La aldaba
Carlos Navarro Antolín
¡Anda, jaleo, jaleo!
Alto y claro
SEVILLA es la ciudad de las oportunidades perdidas. Lo es desde hace más de dos siglos y no hay ningún síntoma de que vaya a dejar de ser así. Todo lo contrario. Es también la ciudad de la indolencia y la desidia, de los silencios que casi nunca son muestra de inteligencia, sino simplemente de falta de coraje. Ambas características han encontrado un retrato fiel en lo ocurrido con el futuro del Metro. Sevilla se va a quedar sin una red que dé servicio a un área metropolitana que sobrepasa el millón y medio de habitantes por una decisión puramente política que contradice la lógica y que deja atrás las prioridades de servicio a los ciudadanos que deben tener las administraciones. En medio de la indiferencia de los más, veremos cómo durante los próximos años, cuando el tema salga a colación en los medios de comunicación -que será cada vez menos, como cada vez salen menos el dragado del río o tantísimos proyectos que nunca verán la luz-, habrá el consabido intercambio de acusaciones entre Junta de Andalucía, Gobierno central y Ayuntamiento que irán en una u otra dirección dependiendo del color político que en cada memento haya en San Telmo, en la Moncloa o en la Plaza Nueva. Es lo de siempre y nadie se sorprenderá por ello. Pero lo cierto es que con la colaboración de todos se ha privado a Sevilla de un medio de transporte urbano imprescindible si aspira a competir en la liga de las grandes ciudades, de las que cada vez nos alejamos más.
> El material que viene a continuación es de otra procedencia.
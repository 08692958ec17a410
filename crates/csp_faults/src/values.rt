//! Values that expressions have or lack.

ghost use Rattle.std.specs.Prelude.{◌≡◌, IfOk};
ghost use Rattle.std.specs.Option.{option_map};
ghost use Rattle.std.specs.Result.{result_err};
ghost use Rattle.theory_semantics.specs.Meaning.Evaluation.{value};
ghost use Rattle.theory_faults.specs.Expressions.{as_value, with_values};
ghost use Rattle.csp_expression.specs.Cause.{cause_of};
ghost use Rattle.csp_expression.specs.Evaluation.{table_of};
ghost use Rattle.csp_expression.specs.Expression.{expression_of};
ghost use Rattle.csp_faults.specs.Asked.{IsFound};

use csp_expression::{Cause, Expr, NoValue, TypeTable};
use csp_value::{Memory, Value};
use std::alloc::Allocator;

/// The cause for which the expression has no value, if it has none.
pub(crate) fn lacking<A: Allocator + Copy>(
    alloc: A,
    types: &TypeTable<A>,
    expression: &Expr<A>,
) -> Result<Option<Cause>, Memory>
    ensures { IfOk result (λ why. option_map cause_of why
        ≡ result_err (value (table_of types.now) (expression_of expression.now))) }
{
    match expression.find_value(alloc, types) {
        Ok(_) => Ok(None),
        Err(NoValue::Cause(cause)) => Ok(Some(cause)),
        Err(NoValue::Memory) => Err(Memory),
    }
}

/// The operand as its value, where it has one.
fn as_value<A: Allocator + Copy>(
    alloc: A,
    types: &TypeTable<A>,
    operand: &Expr<A>,
) -> Result<Expr<A>, Memory>
    ensures { IfOk result (λ made. expression_of made
        ≡ as_value (table_of types.now) (expression_of operand.now)) }
{
    match operand.find_value(alloc, types) {
        Ok(value) => Ok(Expr::Literal(value)),
        Err(NoValue::Cause(_)) => operand.try_copy(alloc),
        Err(NoValue::Memory) => Err(Memory),
    }
}

/// The expression with the values of its operands, if it is an operator.
pub(crate) fn with_values<A: Allocator + Copy>(
    alloc: A,
    types: &TypeTable<A>,
    expression: &Expr<A>,
) -> Result<Expr<A>, Memory>
    ensures { IfOk result (λ made. expression_of made
        ≡ with_values (table_of types.now) (expression_of expression.now)) }
{
    match expression {
        Expr::Apply(operator, operand) => {
            let operand = as_value(alloc, types, operand)?;
            Ok(Expr::Apply(*operator, Box::new(alloc, operand)?))
        }
        Expr::Combine(operator, left, right) => {
            let left = as_value(alloc, types, left)?;
            let right = as_value(alloc, types, right)?;
            Ok(Expr::Combine(*operator, Box::new(alloc, left)?, Box::new(alloc, right)?))
        }
        Expr::Range(from, to) => {
            let from = as_value(alloc, types, from)?;
            let to = as_value(alloc, types, to)?;
            Ok(Expr::Range(Box::new(alloc, from)?, Box::new(alloc, to)?))
        }
        _ => expression.try_copy(alloc),
    }
}

/// The value of the expression, if it has one.
pub(crate) fn found_value<A: Allocator + Copy>(
    alloc: A,
    types: &TypeTable<A>,
    expression: &Expr<A>,
) -> Result<Option<Value<A>>, Memory>
    ensures { IfOk result (λ found. IsFound found
        (value (table_of types.now) (expression_of expression.now))) }
{
    match expression.find_value(alloc, types) {
        Ok(value) => Ok(Some(value)),
        Err(NoValue::Cause(_)) => Ok(None),
        Err(NoValue::Memory) => Err(Memory),
    }
}
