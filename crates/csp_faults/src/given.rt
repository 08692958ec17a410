//! Values that are given for fields.

ghost use Rattle.std.specs.Prelude.{◌+◌, ◌<◌, ◌^◌};
ghost use Rattle.std.specs.Option.{option_or};
ghost use Rattle.theory_semantics.specs.Meaning.Evaluation.{value};
ghost use Rattle.theory_faults.specs.Expressions.{field_culprit, outside};
ghost use Rattle.csp_value.specs.Fields.{field_values};
ghost use Rattle.csp_expression.specs.Evaluation.{table_of};
ghost use Rattle.csp_expression.specs.Expression.{expression_of};
ghost use Rattle.csp_faults.specs.Culprit.{Finds, found_of, owner_of};

use crate::culprit::{Culprit, Owner};
use csp_expression::{Expr, NoValue, TypeTable};
use csp_value::{FieldSet, Memory};
use std::alloc::Allocator;

/// A field that is given a value.
#[derive(Clone, Copy)]
pub(crate) struct Place<'s, A: Allocator> {
    pub(crate) owner: Owner,
    pub(crate) before: usize,
    pub(crate) set: &'s FieldSet<A>,
}

impl<'s, A: Allocator + Copy> Place<'s, A> {
    /// What was found in the expression, and otherwise its value, if that lies outside of the field's set.
    pub(crate) fn or_outside(
        self,
        alloc: A,
        types: &TypeTable<A>,
        given: &Expr<A>,
        found: Option<Culprit<A>>,
    ) -> Result<Option<Culprit<A>>, Memory>
        requires { self.before + 1 < 2 ^ 64 }
        ensures { Finds result (option_or (found_of found)
            (outside (owner_of self.entry.owner) self.entry.before (field_values self.entry.set.now)
            (value (table_of types.now) (expression_of given.now)))) }
    {
        if found.is_some() {
            return Ok(found);
        }
        self.outside(alloc, types, given)
    }

    /// The value of the expression, if it lies outside of the field's set.
    fn outside(
        self,
        alloc: A,
        types: &TypeTable<A>,
        given: &Expr<A>,
    ) -> Result<Option<Culprit<A>>, Memory>
        requires { self.before + 1 < 2 ^ 64 }
        ensures { Finds result (outside (owner_of self.entry.owner) self.entry.before
            (field_values self.entry.set.now)
            (value (table_of types.now) (expression_of given.now))) }
    {
        match given.find_value(alloc, types) {
            Ok(value) => {
                if self.set.contains(&value) {
                    return Ok(None);
                }
                Ok(Some(Culprit::Outside(self.owner, self.before + 1, value)))
            }
            Err(NoValue::Cause(_)) => Ok(None),
            Err(NoValue::Memory) => Err(Memory),
        }
    }
}
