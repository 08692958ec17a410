//! What in an expression is to blame that it has no value.

ghost use Rattle.std.specs.Prelude.{◌≡◌, Err};
ghost use Rattle.std.specs.Option.{option_or};
ghost use Rattle.theory_syntax.specs.Expression.{to_expressions};
ghost use Rattle.theory_semantics.specs.Meaning.Evaluation.{constructor_sets, value};
ghost use Rattle.theory_faults.specs.Culprit.{over_sets};
ghost use Rattle.theory_faults.specs.Expressions.{culprit, first_culprit, given_culprit, or_itself};
ghost use Rattle.csp_value.specs.Fields.{sets_of};
ghost use Rattle.csp_expression.specs.Cause.{cause_of};
ghost use Rattle.csp_expression.specs.Evaluation.{table_of};
ghost use Rattle.csp_expression.specs.Expression.{expression_of, expressions_of};
ghost use Rattle.csp_faults.specs.Culprit.{Finds, found_of, owner_of};

use crate::culprit::{Culprit, Owner};
use crate::declared::constructor_sets;
use crate::given::Place;
use crate::values::{lacking, with_values};
use csp_expression::{Cause, Expr, TypeTable};
use csp_value::{ConId, FieldSet, Memory};
use std::alloc::Allocator;

/// What in the expression is to blame that it has no value, if it has none: the first of its operands without a value
/// that has no such operand itself. `Memory` says nothing of it.
#[cycle(culprit)]
pub fn expression_culprit<A: Allocator + Copy>(
    alloc: A,
    types: &TypeTable<A>,
    expression: &Expr<A>,
) -> Result<Option<Culprit<A>>, Memory>
    ensures { Finds result (culprit (table_of types.now) (expression_of expression.now)) }
{
    let why = lacking(alloc, types, expression)?;
    let Some(cause) = why else {
        return Ok(None);
    };
    match expression {
        Expr::Apply(_, operand) => {
            let found = expression_culprit(alloc, types, operand)?;
            or_itself(alloc, types, expression, cause, found)
        }
        Expr::Combine(_, left, right) => {
            let first = expression_culprit(alloc, types, left)?;
            let found = or_in(alloc, types, right, first)?;
            or_itself(alloc, types, expression, cause, found)
        }
        Expr::Range(from, to) => {
            let first = expression_culprit(alloc, types, from)?;
            let found = or_in(alloc, types, to, first)?;
            or_itself(alloc, types, expression, cause, found)
        }
        Expr::Sequence(items) => {
            let found = first_culprit(alloc, types, items)?;
            or_itself(alloc, types, expression, cause, found)
        }
        Expr::Set(members) => {
            let found = first_culprit(alloc, types, members)?;
            or_itself(alloc, types, expression, cause, found)
        }
        Expr::Constructor(constructor, fields) => {
            let found = constructor_culprit(alloc, types, *constructor, fields)?;
            or_itself(alloc, types, expression, cause, found)
        }
        Expr::Literal(_) | Expr::Name(_) | Expr::Booleans | Expr::Datatype(_) | Expr::Nametype(_) =>
            or_itself(alloc, types, expression, cause, None),
    }
}

/// What was found in the operands of an expression that has no value by this cause, and otherwise itself.
fn or_itself<A: Allocator + Copy>(
    alloc: A,
    types: &TypeTable<A>,
    expression: &Expr<A>,
    cause: Cause,
    found: Option<Culprit<A>>,
) -> Result<Option<Culprit<A>>, Memory>
    ensures { value (table_of types.now) (expression_of expression.now) ≡ Err (cause_of cause)
        → Finds result (or_itself (table_of types.now) (expression_of expression.now)
        (found_of found)) }
{
    if found.is_some() {
        return Ok(found);
    }
    let itself = with_values(alloc, types, expression)?;
    Ok(Some(Culprit::Valueless(itself, cause)))
}

/// What was found before, and otherwise what is to blame in the expression.
#[cycle(culprit)]
fn or_in<A: Allocator + Copy>(
    alloc: A,
    types: &TypeTable<A>,
    expression: &Expr<A>,
    found: Option<Culprit<A>>,
) -> Result<Option<Culprit<A>>, Memory>
    ensures { Finds result (option_or (found_of found)
        (culprit (table_of types.now) (expression_of expression.now))) }
{
    match found {
        Some(culprit) => Ok(Some(culprit)),
        None => expression_culprit(alloc, types, expression),
    }
}

/// What is to blame in the first of the expressions in which something is.
#[cycle(culprit)]
pub(crate) fn first_culprit<A: Allocator + Copy>(
    alloc: A,
    types: &TypeTable<A>,
    expressions: &[Expr<A>],
) -> Result<Option<Culprit<A>>, Memory>
    ensures { Finds result (first_culprit (table_of types.now)
        (to_expressions (expressions_of expressions.now))) }
{
    for expression in expressions {
        let found = expression_culprit(alloc, types, expression)?;
        if found.is_some() {
            return Ok(found);
        }
    }
    Ok(None)
}

/// What is to blame in the fields of a constructor.
#[cycle(culprit)]
fn constructor_culprit<A: Allocator + Copy>(
    alloc: A,
    types: &TypeTable<A>,
    constructor: ConId,
    fields: &[Expr<A>],
) -> Result<Option<Culprit<A>>, Memory>
    ensures { Finds result (over_sets (constructor_sets (table_of types.now) constructor.0)
        (λ sets. given_culprit (table_of types.now) (owner_of (Owner.Constructor constructor)) 0
        (to_expressions (expressions_of fields.now)) sets)) }
{
    match constructor_sets(types, constructor) {
        Some(sets) => given_culprit(alloc, types, Owner::Constructor(constructor), fields, sets),
        None => Ok(Some(Culprit::Misfit)),
    }
}

/// What is to blame in given fields, each of which has a value in its set.
#[cycle(culprit)]
pub(crate) fn given_culprit<A: Allocator + Copy>(
    alloc: A,
    types: &TypeTable<A>,
    owner: Owner,
    fields: &[Expr<A>],
    sets: &[FieldSet<A>],
) -> Result<Option<Culprit<A>>, Memory>
    ensures { Finds result (given_culprit (table_of types.now) (owner_of owner) 0
        (to_expressions (expressions_of fields.now)) (sets_of sets.now)) }
{
    for (before, field) in fields.iter().enumerate() {
        let Some(set) = sets.get(before) else {
            return Ok(Some(Culprit::Misfit));
        };
        let inner = expression_culprit(alloc, types, field)?;
        let place = Place { owner, before, set };
        let found = place.or_outside(alloc, types, field, inner)?;
        if found.is_some() {
            return Ok(found);
        }
    }
    Ok(None)
}
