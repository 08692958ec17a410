//! What is to blame in a term that a rule for it lacks a value.

ghost use Rattle.theory_faults.specs.Processes.{culprit_in};
ghost use Rattle.csp_term.specs.Script.{script_of_parts};
ghost use Rattle.csp_term.specs.Term.{process_of};
ghost use Rattle.csp_faults.specs.Culprit.{Finds};

use crate::culprit::Culprit;
use crate::own::own_culprit;
use crate::parts::looked_at;
use csp_term::{AllocHandle, Memory, ScriptParts, Term};

/// What is to blame in the term that a rule for it lacks a value: nothing where none does. `Memory` says nothing of it.
#[cycle(terms)]
pub fn culprit_in<A: AllocHandle>(
    alloc: A,
    script: &ScriptParts<A>,
    term: &Term<A>,
) -> Result<Option<Culprit<A>>, Memory>
    ensures { Finds result (culprit_in (script_of_parts script.now) (process_of term.now)) }
{
    let own = own_culprit(alloc, script, term)?;
    if own.is_some() {
        return Ok(own);
    }
    let parts = looked_at(alloc, script, term)?;
    for part in &parts {
        let found = culprit_in(alloc, script, part)?;
        if found.is_some() {
            return Ok(found);
        }
    }
    Ok(None)
}
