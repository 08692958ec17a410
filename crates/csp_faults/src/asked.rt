//! Conditions, and sets whose members are asked for.

ghost use Rattle.std.specs.Prelude.{◌≡◌, IfOk};
ghost use Rattle.theory_semantics.specs.Meaning.Events.{condition, elements, members_of, truth_of};
ghost use Rattle.theory_faults.specs.Culprit.{misfit};
ghost use Rattle.theory_faults.specs.Expressions.{condition_culprit, members, members_culprit};
ghost use Rattle.theory_faults.specs.Processes.{no_choice};
ghost use Rattle.csp_value.specs.Value.{value_of, values_of};
ghost use Rattle.csp_expression.specs.Evaluation.{table_of};
ghost use Rattle.csp_expression.specs.Expression.{expression_of};
ghost use Rattle.csp_faults.specs.Asked.{AreElements, IsPicked};
ghost use Rattle.csp_faults.specs.Culprit.{Finds};

use crate::culprit::Culprit;
use crate::expressions::expression_culprit;
use crate::values::found_value;
use csp_expression::{Expr, Name, TypeTable};
use csp_value::{Memory, Value, copy_values};
use std::alloc::Allocator;

/// What is to blame in a condition.
pub(crate) fn condition_culprit<A: Allocator + Copy>(
    alloc: A,
    types: &TypeTable<A>,
    condition: &Expr<A>,
) -> Result<Option<Culprit<A>>, Memory>
    ensures { Finds result (condition_culprit (table_of types.now) (expression_of condition.now)) }
{
    let found = expression_culprit(alloc, types, condition)?;
    if found.is_some() {
        return Ok(found);
    }
    no_truth(alloc, types, condition)
}

/// That the expression has no truth value.
fn no_truth<A: Allocator + Copy>(
    alloc: A,
    types: &TypeTable<A>,
    test: &Expr<A>,
) -> Result<Option<Culprit<A>>, Memory>
    ensures { Finds result (misfit (condition (table_of types.now) (expression_of test.now))) }
{
    match truth(alloc, types, test)? {
        Some(_) => Ok(None),
        None => Ok(Some(Culprit::Misfit)),
    }
}

/// The truth value of the condition, if it has one.
pub(crate) fn truth<A: Allocator + Copy>(
    alloc: A,
    types: &TypeTable<A>,
    test: &Expr<A>,
) -> Result<Option<bool>, Memory>
    ensures { IfOk result (λ truth. IsPicked truth
        (condition (table_of types.now) (expression_of test.now))) }
{
    match found_value(alloc, types, test)? {
        Some(value) => Ok(truth_of(&value)),
        None => Ok(None),
    }
}

/// The truth value, if it is one.
fn truth_of<A: Allocator>(value: &Value<A>) -> Option<bool>
    ensures { IsPicked result (truth_of (value_of value.now)) }
{
    match value {
        Value::Bool(truth) => Some(*truth),
        _ => None,
    }
}

/// What is to blame in a set whose members are asked for.
pub(crate) fn members_culprit<A: Allocator + Copy>(
    alloc: A,
    types: &TypeTable<A>,
    set: &Expr<A>,
) -> Result<Option<Culprit<A>>, Memory>
    ensures { Finds result (members_culprit (table_of types.now) (expression_of set.now)) }
{
    let found = expression_culprit(alloc, types, set)?;
    if found.is_some() {
        return Ok(found);
    }
    no_members(alloc, types, set)
}

/// That the expression is no set.
fn no_members<A: Allocator + Copy>(
    alloc: A,
    types: &TypeTable<A>,
    set: &Expr<A>,
) -> Result<Option<Culprit<A>>, Memory>
    ensures { Finds result (misfit (elements (table_of types.now) (expression_of set.now))) }
{
    match elements(alloc, types, set)? {
        Some(_) => Ok(None),
        None => Ok(Some(Culprit::Misfit)),
    }
}

/// The members of the set, in order, if it has a value.
fn elements<A: Allocator + Copy>(
    alloc: A,
    types: &TypeTable<A>,
    set: &Expr<A>,
) -> Result<Option<Vec<Value<A>, A>>, Memory>
    ensures { IfOk result (λ values. AreElements values
        (elements (table_of types.now) (expression_of set.now))) }
{
    match found_value(alloc, types, set)? {
        Some(value) => members_of(alloc, &value),
        None => Ok(None),
    }
}

/// Copies of the members, in order, if it is a set.
fn members_of<A: Allocator + Copy>(
    alloc: A,
    value: &Value<A>,
) -> Result<Option<Vec<Value<A>, A>>, Memory>
    ensures { IfOk result (λ values. AreElements values (members_of (value_of value.now))) }
{
    match value {
        Value::Set(set) => Ok(Some(copy_values(alloc, set.members())?)),
        _ => Ok(None),
    }
}

/// The members of the set, in order: none where it has no value.
pub(crate) fn members<A: Allocator + Copy>(
    alloc: A,
    types: &TypeTable<A>,
    set: &Expr<A>,
) -> Result<Vec<Value<A>, A>, Memory>
    ensures { IfOk result (λ values. values_of values.items
        ≡ members (table_of types.now) (expression_of set.now)) }
{
    match elements(alloc, types, set)? {
        Some(values) => Ok(values),
        None => Ok(Vec::new(alloc)),
    }
}

/// That an internal choice gives the name the values of an empty set.
pub(crate) fn no_choice<A: Allocator + Copy>(
    alloc: A,
    types: &TypeTable<A>,
    name: Name,
    set: &Expr<A>,
) -> Result<Option<Culprit<A>>, Memory>
    ensures { Finds result (no_choice name.0 (expression_of set.now)
        (elements (table_of types.now) (expression_of set.now))) }
{
    let Some(values) = elements(alloc, types, set)? else {
        return Ok(None);
    };
    if values.is_empty() {
        return Ok(Some(Culprit::NoChoice(name, set.try_copy(alloc)?)));
    }
    Ok(None)
}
Sevilla ha perdido esta oportunidad por una decisión política del Gobierno andaluz, que ha desviado recurso para responder a las exigencias de otras capitales para no ser acusada de centralismo sevillano. No hay que buscar muchas más razones, porque no las hay. La Junta era la responsable de impulsar el proyecto y Madrid sólo de cofinanciarlo. Al Ministerio de Fomento, en una época de fuerte restricciones presupuestarias, le vino como anillo al dedo la actitud de la Junta; había poco dinero y muchas necesidades que atender en territorios más amigos del PP. Pero el disparate de que Sevilla se quede sin una red de Metro ha contado con un cooperador necesario: el Ayuntamiento de la capital, que se supone que es el primer encargado de defender los intereses de los sevillanos. Ni Juan Ignacio Zoido, en su momento, ni mucho menos Juan Espadas, ahora, han estado a la altura de una cuestión que para Sevilla debería ser estratégica y que sus alcaldes deberían haber tomado como una de las prioridades de sus mandatos. La actitud de Espadas, negando con la boca chica lo que él sabe que es una realidad y dando rodeos para no admitirlo, ha rozado en las últimas semanas lo grotesco. No están los tiempos como para importunar al Gobierno andaluz en un periodo político tan inestable y con todas las incógnitas abiertas.
Pero Zoido y Espadas sabían que tampoco en este tema corrían grandes riesgos. La indolente ciudad, sumida en su siesta permanente, no se iba a levantar para pasar al cobro la factura. Esas cosas aquí salen gratis. Sevilla está acostumbrada a perder partida tras partida desde el siglo XVIII y desde entonces lleva lamiendo heridas mientras mira para otro sitio. No toda la culpa la tienen las administraciones. Somos los sevillanos lo que hemos conformado la ciudad que hoy tenemos, la que pierde posiciones dentro de Andalucía con respecto a Málaga y la que ya casi no ve la matrícula a Valencia o Bilbao. La misma que ha renunciado a competir como sede de grandes empresas o a convertirse en un referente universitario o investigador. La que ha puesto todos los huevos de su desarrollo en una cesta tan frágil como es la del turismo masivo y barato. El Metro es una pérdida para nuestro futuro como ciudad pero es también un símbolo de nuestras limitaciones y, por qué no decirlo, de nuestras miserias.